One interesting observation about the Gazebo contact messages are that they exhibit something similar to switch bounce, in other words it seems that the contact is intermittent even if the bumper plate is in solid contact with the object. I'm guessing that this is caused by the fact that calculating collisions between moving surfaces is difficult. In the end it doesn't matter what causes this behaviour though because we need to deal with it in some sensible way.

Once the bumper event messages have been generated they are processed by the second node. This node subscribes to both odometry events and bumper events. Internally it keeps track of the motion state of SCUTTLE. On reception of a bumper event the node sends a velocity command to stop the robot. Once the robot has stopped it sends commands for it to reverse course far enough that it is no longer contact with the obstacle.

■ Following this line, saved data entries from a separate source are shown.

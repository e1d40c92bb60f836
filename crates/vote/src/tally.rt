// Over a lent list of messages. The tally is the one thin loop over the slice: it hands the fields
// of each message to `hear`. The two calls on an array, which docs/THEOREM.md names, lend its first
// messages.
ghost use Rattle.std.specs.Prelude.{◌≡◌, take};
ghost use Rattle.question.specs.Refusals.{answer_of};
ghost use Rattle.rules.specs.Vote.{vote, halt_count};
ghost use Rattle.ballot.specs.Ballot.{halt_query, ballot_of};

use ballot::Ballot;
use limits::{MAX_LIST, at_most};
use question::Refusal;
use record::{Message, Timestamp};
use rules::{Election, HaltCount, Query};

// The places of an array of messages: one more than a list may have, so that a list that is too
// long can be shown.
pub const LIST_PLACES: usize = MAX_LIST + 1;

pub(crate) fn tally(k: u8, n: u8, q: Query, list: &[Message]) -> Ballot
    ensures { result ≡ ballot_of k n q list.now }
{
    let mut b = Ballot::new(list.len());
    for m in list {
        b = b.hear(
            k,
            n,
            q,
            m.kind,
            m.group,
            m.process,
            m.replica,
            m.variable,
            m.timestamp,
            m.value,
        );
    }
    b
}

pub fn vote(k: u8, n: u8, q: Query, list: &[Message]) -> Result<Election, Refusal>
    ensures { answer_of result ≡ vote k n q list.now }
{
    tally(k, n, q, list).answer_vote(k, n)
}

// What a halt count is on: a query whose variable and timestamp no halt looks at.
fn halt_query(group: u8, process: u8) -> Query
    ensures { result ≡ halt_query group process }
{
    Query {
        group,
        process,
        variable: 0,
        timestamp: Timestamp(0),
    }
}

pub fn count_halts(
    k: u8,
    n: u8,
    group: u8,
    process: u8,
    list: &[Message],
) -> Result<HaltCount, Refusal>
    ensures { answer_of result ≡ halt_count k n group process list.now }
{
    tally(k, n, halt_query(group, process), list).answer_halts(k, n)
}

// The first `count` messages, or all where there are fewer.
fn first(list: &[Message], count: usize) -> &[Message]
    ensures { result.now ≡ take count list.now }
{
    &list[..at_most(list.len(), count)]
}

// The vote on the first `count` messages of an array.
pub fn vote_in(
    k: u8,
    n: u8,
    q: Query,
    list: [Message; LIST_PLACES],
    count: usize,
) -> Result<Election, Refusal>
    ensures { answer_of result ≡ vote k n q (take count list) }
{
    vote(k, n, q, first(&list, count))
}

// The halt count on the first `count` messages of an array.
pub fn count_halts_in(
    k: u8,
    n: u8,
    group: u8,
    process: u8,
    list: [Message; LIST_PLACES],
    count: usize,
) -> Result<HaltCount, Refusal>
    ensures { answer_of result ≡ halt_count k n group process (take count list) }
{
    count_halts(k, n, group, process, first(&list, count))
}
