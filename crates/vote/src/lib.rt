// What a process makes of the messages that it received: the vote on a read, and the halt count.
// The contracts cite crates/rules, specs/Vote.antt.
#![tactic(auto)]

mod tally;

pub use tally::{LIST_PLACES, count_halts, count_halts_in, vote, vote_in};
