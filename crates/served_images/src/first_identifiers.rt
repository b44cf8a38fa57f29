//! The identifiers of a first session over images that get metadata.
ghost use Rattle.std.specs.Prelude.{◌≡◌, ◌<◌, true};
ghost use Rattle.program_values.specs.declared.serve_options.FirstStart.TheVariants.{Compare, Copy};
ghost use Rattle.settlement.specs.Next.{unknown};

use blocks::Tuple;
use program_values::FirstStart;

/// Returns the identifiers of both disks in a first session: alike, but for a primary whose disk has blocks that the peer's lacks, and for
/// a peer over which all is copied. No identifier of data is 0.
pub fn first_identifiers(
    how: FirstStart,
    has_marks: bool,
    identifier: u64,
    word: u64,
) -> (Tuple, Tuple)
    ensures own { 0 < result.0.current }
    ensures bitmap { (how ≡ Compare → ⊥) → result.0.bitmap ≡ 0 }
    ensures parted { how ≡ Compare → has_marks ≡ true → result.0.bitmap ≡ result.1.current }
    ensures copied { how ≡ Copy → result.1 ≡ unknown }
{
    let before = Tuple::new(identifier.max(1), 0, 0, 0);
    match how {
        FirstStart::Compare if has_marks => {
            (Tuple::new(word.max(1), identifier.max(1), 0, 0), before)
        }
        FirstStart::Copy => (before, Tuple::new(0, 0, 0, 0)),
        _ => (before, before),
    }
}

One thing to note is that while the bumper code is working to reverse course after hitting an obstacle, the other parts of ROS, e.g. the navigation stack, are probably still trying to steer the robot in the original direction because those parts don't know about the obstacle. After all it is not on the navigation map. This results in many different velocity commands being send, which could be very confusing for the robot. One design decision was to make the bumper code unaware of other nodes. This was done because allowing the bumper code to supress velocity commands from other nodes would imply that the bumper code is always the most important publisher when it comes to velocity commands. There are cases where this isn't true, e.g. when using the bumpers to park SCUTTLE against a specific object like in the case of a docking station.

To ensure that a consistent set of velocity commands are sent to the motors I used the twist multiplexer node which takes in velocity commands from many nodes and forwards them using a priority-based scheme. In the current implementation the priorities are, from low to high

  • Navigation
  • Keyboard
  • Bumper
  • Joypad / Joystick

By using the twist multiplexer mode it is easy for users to change the priority by changing a configuration file instead of having to change the bumper code.

With that the bumper code is able to make SCUTTLE respond to objects it bumps into. The next step in the process of adding bump sensors to SCUTTLE is to assemble the electronic components so that the movement of the bumper can be registered and reported to the software components.

Finally a addition to the software that needs to be made is the ability to add the obstacles in the navigation map so that SCUTTLE can navigate around the newly discovered obstacles.